Due East has an angle of 0 degrees and Southeast has an angle of 135 degrees. We can use the following formulas to find the components: \(V_x = V * \cos{\theta}\) \(V_y = V * \sin{\theta}\) Components for the velocity of ant with respect to paper: \(V_{ax} = 2 * \cos{0} = 2 \mathrm{mi} / \mathrm{hr}\) \(V_{ay} = 2 * \sin{0} = 0 \mathrm{mi} / \mathrm{hr}\) Components for the velocity of paper with respect to table: \(V_{px} = \sqrt{2} * \cos{135} = -1 \mathrm{mi} / \mathrm{hr}\) \(V_{py} = \sqrt{2} * \sin{135} = 1 \mathrm{mi} / \mathrm{hr}\)

Calculating the ant's velocity relative to the table

Add the components of the two velocities: \(V_{atx} = V_{ax} + V_{px} = 2 - 1 = 1 \mathrm{mi} / \mathrm{hr}\) \(V_{aty} = V_{ay} + V_{py} = 0 + 1 = 1 \mathrm{mi} / \mathrm{hr}\) The ant's velocity relative to the table in component form is \(1 \mathrm{mi} / \mathrm{hr}\) (east) and \(1 \mathrm{mi} / \mathrm{hr}\) (north).

Calculating magnitude and direction

The magnitude of the ant's velocity relative to the table can be found using Pythagorean theorem: \(V_{at} = \sqrt{V_{atx}^2 + V_{aty}^2} = \sqrt{1^2 + 1^2} = \sqrt{2} \mathrm{mi} / \mathrm{hr}\) The direction can be found using the formula: \(\theta = \arctan(\frac{V_{aty}}{V_{atx}}) = \arctan(\frac{1}{1}) = 45^\circ\) Thus, the ant moves at a speed of \(\sqrt{2} \mathrm{mi} / \mathrm{hr}\) at a 45-degree angle (northeast) relative to the table.

Key concepts

Velocity Components

In physics, velocity is a vector quantity, which means it has both a magnitude (speed) and a direction. To solve complex problems involving motion, it's often useful to break down a velocity vector into its horizontal (x-component) and vertical (y-component) parts. This process is known as finding the velocity components. For example, in our exercise involving an ant on a moving sheet of paper, the ant's velocity eastward (x-direction) is constant at 2 mi/hr, while the paper's southeastward motion has components in both the x and y directions (south and east).

Using trigonometric functions, we find the x and y components by multiplying the velocity by the cosine of the angle for the x-component, and by the sine of the angle for the y-component. By analyzing motion through its components, we can assess situations from a new perspective, simplifying problems that may seem complex at first glance.

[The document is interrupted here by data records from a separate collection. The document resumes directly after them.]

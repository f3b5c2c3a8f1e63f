// Tries both awards on random tenders of few bids under a fixed seed, half of them with a reserve, against another implementation
// (`brute`) that tries every set of entries and every price: over up to 11 cells, each a minute in every other tender, 6 to 60
// minutes in most of the others, and more, up to a whole week of ten cells, in a few. In some of them each owner names false
// prices too, and in other tenders offers part of the minutes (`withhold`), of which none may gain. And the check of the tables on
// tables with a fault in them, against another check (`rules`). Writes what was tried by kind, and last how many answers disagree.
#![tactic(auto)]

mod brute;
mod compare;
mod parts;
mod random;
mod rules;
mod withhold;

use std::io;
use test_tools::Output;

fn tell_all(rt: &impl Print) -> io::Result<()> {
    let t = compare::awards(3000);
    println!(rt; "single awarded {}", t.single.awarded)?;
    println!(rt; "single declined {}", t.single.declined)?;
    println!(rt; "multi awarded {}", t.multi.awarded)?;
    println!(rt; "multi declined {}", t.multi.declined)?;
    println!(rt; "with a reserve {}", t.reserved)?;
    println!(rt; "house booked {}", t.booked)?;
    println!(rt; "house booked beside paid owners {}", t.beside)?;
    println!(rt; "false prices {}", t.prices)?;
    let w = withhold::offers(52);
    println!(rt; "parts of the minutes offered {}", w.parts)?;
    println!(rt; "parts refused {}", w.thin)?;
    println!(rt; "prices named with parts {}", w.prices)?;
    println!(rt; "prices that win with parts {}", w.winning)?;
    println!(rt; "gains with parts {}", w.gains)?;
    let f = compare::faults(6000);
    println!(rt; "tables sound {}", f.sound)?;
    println!(rt; "tables faulty {}", f.faulty)?;
    println!(rt; "rows too few {}", f.short)?;
    let wrong = t.wrong.wrapping_add(f.wrong);
    println!(rt;
        "disagreements {}",
        wrong.wrapping_add(w.gains).wrapping_add(w.wrong)
    )
}

// A program of this repository has no exit status, so an output that cannot be written is not told.
fn main() {
    let _ = tell_all(&Output);
}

Pythagorean Theorem in Velocity

Once we have the velocity components, we can combine them to find the result of two motions taking place simultaneously. In cases where the directions of movement are perpendicular to each other, the Pythagorean theorem comes in handy. This theorem, which states that the square of the hypotenuse (the side opposite the right angle) is equal to the sum of the squares of the other two sides, applies not only to distances but also to velocity.

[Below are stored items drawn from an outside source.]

// Calls the awards and compares each answer, to the last lent cell, with the other implementation's.
ghost use Rattle.std.specs.Prelude.{◌≤◌};

use crate::random::{Lot, below, minute};
use crate::{brute, random, rules};
use tender::{Kind, Refusal, Span, Tender, Totals};
use test_tools::{count, next};

// How many tenders of a kind were awarded and how many declined.
#[derive(Clone, Copy, Default)]
pub(crate) struct Ended {
    pub(crate) awarded: u64,
    pub(crate) declined: u64,
}

// What was tried by kind; how many tenders had a reserve, in how many awards the house is booked, and owners are paid beside it; how
// many false prices were named; and how many answers disagree.
#[derive(Clone, Copy, Default)]
pub(crate) struct Tried {
    pub(crate) single: Ended,
    pub(crate) multi: Ended,
    pub(crate) reserved: u64,
    pub(crate) booked: u64,
    pub(crate) beside: u64,
    pub(crate) prices: u64,
    pub(crate) wrong: u64,
}

#[derive(Clone, Copy, Default)]
pub(crate) struct Checked {
    pub(crate) sound: u64,
    pub(crate) faulty: u64,
    pub(crate) short: u64,
    pub(crate) wrong: u64,
}

// The cells of the rows that are lent: a flag and the cents of each bid.
#[derive(Clone, Copy, PartialEq, Eq)]
struct Rows {
    won: [u64; 9],
    cents: [u64; 9],
}

// What is lent in the cells of the rows, to see which of them are written.
const OLD: u64 = 77;

const LENT: Rows = Rows {
    won: [OLD; 9],
    cents: [OLD; 9],
};

// What a call answers, and the rows as it leaves them.
#[derive(Clone, Copy, PartialEq, Eq)]
struct Settled {
    answer: Result<Totals, Refusal>,
    rows: Rows,
}

// What bid i is paid where it wins among these winners. In a multi tender no bid can ask more than 15 for each of 12 cells, and win
// against others that cover, nor more than the house for all of them.
fn payment(lot: &Lot, kind: Kind, i: usize, cost: u64) -> Option<u64> {
    let entries = &lot.entries;
    match kind {
        Kind::Single => {
            let others = entries.cost_of(entries.least_cover(Some(i))?);
            let own = entries.prices.get(i).copied()?;
            Some(others.wrapping_add(own).wrapping_sub(cost))
        }
        Kind::Multi => entries.largest_price(i, 200),
    }
}

// The other implementation's award, with the house among the entries: its cost has the house in it, the sum paid has not. The cells past
// the last bid stay.
fn right_award(lot: &Lot, kind: Kind) -> Option<Settled> {
    let entries = &lot.entries;
    let winners = match kind {
        Kind::Single => entries.least_cover(None)?,
        Kind::Multi => entries.greedy(),
    };
    let cost = entries.cost_of(winners);
    let mut paid: u64 = 0;
    let mut rows = LENT;
    for i in 0..lot.count.min(9) {
        let won = brute::within(winners, i);
        let cents = if won { payment(lot, kind, i, cost)? } else { 0 };
        rows.won[i] = u64::from(won);
        rows.cents[i] = cents;
        paid = paid.wrapping_add(cents);
    }
    let house = lot.reserve.is_some() && brute::within(winners, lot.count);
    Some(Settled {
        answer: Ok(Totals { cost, paid, house }),
        rows,
    })
}

// The first minute of the tender's cell x.
fn minute_of(lot: &Lot, x: u64) -> u64 {
    minute(lot.start.wrapping_add(x), lot.width)
}

pub(crate) fn tender_of(lot: &Lot, kind: Kind) -> Tender {
    Tender {
        kind,
        window: Span {
            start: minute_of(lot, 0),
            end: minute_of(lot, lot.entries.length),
        },
        reserve: lot.reserve,
    }
}

// Why the tender is refused: for the first minute in no bid, or, where there is none, for the first in one bid; with a reserve for
// neither.
pub(crate) fn right_refusal(lot: &Lot) -> Option<Refusal> {
    if lot.reserve.is_some() {
        return None;
    }
    let uncovered = lot.entries.cell_with(0).map(|x| Refusal::MinuteUncovered {
        minute: minute_of(lot, x),
    });
    let lone = lot.entries.cell_with(1).map(|x| Refusal::OneBidder {
        minute: minute_of(lot, x),
    });
    uncovered.or(lone)
}

// Whether an answer and the rows are the right ones.
fn settled_right(lot: &Lot, kind: Kind, settled: Settled) -> bool {
    match right_refusal(lot) {
        Some(refusal) => {
            settled
                == Settled {
                    answer: Err(refusal),
                    rows: LENT,
                }
        }
        None => right_award(lot, kind) == Some(settled),
    }
}

// How a bid fares: whether it wins, and the cents that it is paid; and the answer to the tender.
#[derive(Clone, Copy)]
pub(crate) struct Fate {
    pub(crate) wins: bool,
    cents: u64,
    pub(crate) answer: Result<Totals, Refusal>,
}

impl Fate {
    // What the owner is left with: the payment, or, where the bid does not win, the true cost.
    pub(crate) fn left(&self, cost: u64) -> u64 {
        if self.wins { self.cents } else { cost }
    }
}

// How bid i of these tables fares where it names this price, all else standing.
pub(crate) fn fate_of(
    lot: &Lot,
    kind: Kind,
    mut bids: [u64; 28],
    windows: &[u64],
    i: usize,
    price: u64,
) -> Fate {
    let row = i % 7;
    let mut rows = LENT;
    bids[4 * row + 1] = price;
    let answer = award::settle(
        kind,
        tender_of(lot, kind),
        lot.count,
        &bids,
        windows,
        &mut rows.won,
        &mut rows.cents,
    );
    Fate {
        wins: rows.won[row] == 1,
        cents: rows.cents[row],
        answer,
    }
}

// The true cost of the owner of bid i, which is the price in the lot.
pub(crate) fn cost_of(lot: &Lot, i: usize) -> u64 {
    lot.entries.prices[i % 7]
}

// What the owner of bid i is left with where the bid names this price.
pub(crate) fn left_with(lot: &Lot, kind: Kind, i: usize, price: u64) -> u64 {
    fate_of(lot, kind, lot.bids, &lot.windows, i, price).left(cost_of(lot, i))
}

// The prices that are named in place of the true cost: from 0 up to this one.
const FALSE_PRICES: u64 = 50;

impl Tried {
    // Bid i, tried with each of these prices: none may leave its owner with more than the true cost does, nor that with less than the
    // cost.
    fn name_prices(&mut self, lot: &Lot, kind: Kind, i: usize) {
        let cost = cost_of(lot, i);
        let honest = left_with(lot, kind, i, cost);
        count(&mut self.wrong, honest < cost);
        for price in 0..FALSE_PRICES {
            count(&mut self.prices, true);
            count(&mut self.wrong, honest < left_with(lot, kind, i, price));
        }
    }

    fn add_end(&mut self, kind: Kind, awarded: bool) {
        let ended = match kind {
            Kind::Single => &mut self.single,
            Kind::Multi => &mut self.multi,
        };
        count(&mut ended.awarded, awarded);
        count(&mut ended.declined, !awarded);
    }

    // One tender, tried; one of 127 with false prices too.
    fn add(&mut self, lot: &Lot, kind: Kind, i: u64) {
        let mut rows = LENT;
        let answer = award::settle(
            kind,
            tender_of(lot, kind),
            lot.count,
            &lot.bids,
            &lot.windows,
            &mut rows.won,
            &mut rows.cents,
        );
        count(
            &mut self.wrong,
            !settled_right(lot, kind, Settled { answer, rows }),
        );
        count(&mut self.reserved, lot.reserve.is_some());
        match answer {
            Ok(totals) => {
                self.add_end(kind, true);
                count(&mut self.booked, totals.house);
                count(&mut self.beside, totals.house && 0 < totals.paid);
            }
            Err(_) => self.add_end(kind, false),
        }
        if i % 127 == 0 {
            for bid in 0..lot.count {
                self.name_prices(lot, kind, bid);
            }
        }
    }
}

// Both awards on so many random tenders each.
pub(crate) fn awards(n: u64) -> Tried {
    let mut t = Tried::default();
    random::series(20261115, n, |lot, kind, i| t.add(lot, kind, i));
    t
}

// Numbers that a rule of some cell refuses or just takes.
const ODD: [u64; 11] = [
    0,
    1,
    2,
    33,
    10080,
    10081,
    999999,
    1000000,
    100000000,
    100000001,
    18446744073709551615,
];

// The lot with one cell of a table, or the reserve, set to an odd number.
fn broken(mut lot: Lot, state: u64) -> Lot {
    let s = next(state);
    let v = ODD[below(next(s), 11) as usize];
    match s % 5 {
        0 => lot.reserve = Some(v),
        1 | 2 => lot.bids[(s / 8 % 28) as usize] = v,
        _ => lot.windows[(s / 8 % 42) as usize] = v,
    }
    lot
}

// How many of `most` cells are lent: all, or some fewer.
fn part(most: usize, state: u64) -> usize
    ensures { result ≤ most }
{
    let less = (state / 8 % 6) as usize;
    if state % 3 == 0 {
        most.saturating_sub(less)
    } else {
        most
    }
}

impl Checked {
    // The award's answer to the tables against the other check, with the count, the tables or the rows off at times.
    fn add(&mut self, lot: &Lot, kind: Kind) {
        let tender = tender_of(lot, kind);
        let s = next(lot.state);
        let s2 = next(s);
        let stated = ((lot.count as u64).wrapping_add(below(s, 5) / 4) % 16) as usize;
        let lent = part(9, next(s2));
        let bids = &lot.bids[..part(28, s)];
        let windows = &lot.windows[..part(42, s2)];
        let mut rows = LENT;
        let fault = rules::fault(kind, tender, stated, bids, windows);
        let answer = award::settle(
            kind,
            tender,
            stated,
            bids,
            windows,
            &mut rows.won[..lent],
            &mut rows.cents[..lent],
        );
        match answer {
            Err(Refusal::BadTables { row }) => {
                count(&mut self.faulty, true);
                count(&mut self.wrong, fault != Some(row) || rows != LENT);
            }
            Err(Refusal::RowsTooFew) => {
                count(&mut self.short, true);
                count(
                    &mut self.wrong,
                    fault.is_some() || stated <= lent || rows != LENT,
                );
            }
            Err(_) => self.add_sound(fault.is_some() || lent < stated || lot.reserve.is_some()),
            Ok(_) => self.add_sound(fault.is_some() || lent < stated),
        }
    }

    fn add_sound(&mut self, wrong: bool) {
        count(&mut self.sound, true);
        count(&mut self.wrong, wrong);
    }
}

// So many random tables, most of them with an odd number in a cell, a count off by one or a table cut short.
pub(crate) fn faults(n: u64) -> Checked {
    let mut f = Checked::default();
    let mut state: u64 = 7;
    for i in 0..n {
        let kind = if i % 2 == 0 {
            Kind::Multi
        } else {
            Kind::Single
        };
        let drawn = random::draw(state, kind, 0);
        state = drawn.state;
        let lot = if i % 4 < 3 {
            broken(drawn, state)
        } else {
            drawn
        };
        f.add(&lot, kind);
    }
    f
}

In our exercise, after finding the x and y velocity components of the ant relative to the table, we can calculate the ant's total velocity magnitude using the Pythagorean theorem: \( V_{at} = \sqrt{V_{atx}^2 + V_{aty}^2} \). This formula allows us to determine the ant's speed relative to the table in a straightforward manner. It provides a clear and concrete understanding of how separate movements combine to produce a resultant velocity.

Vector Addition of Velocities

Vector addition of velocities is the method of combining multiple velocity vectors to determine the total or resultant velocity. In practice, when an object is in motion and an external velocity is imparted, we add the velocity vectors to analyze the resulting motion relative to a frame of reference. This concept is critical to our exercise, as the ant's motion relative to the paper needs to be combined with the paper's motion relative to the table.

To add the velocities, their x and y components are summed up separately: \(V_{atx} = V_{ax} + V_{px}\) and \(V_{aty} = V_{ay} + V_{py}\). This step gives us the components of the ant's resultant velocity. Through vector addition, we gained a comprehensive picture of the overall motion. Understanding vector addition is essential in many fields, including navigation, where it is used to account for wind speed and direction when steering a course.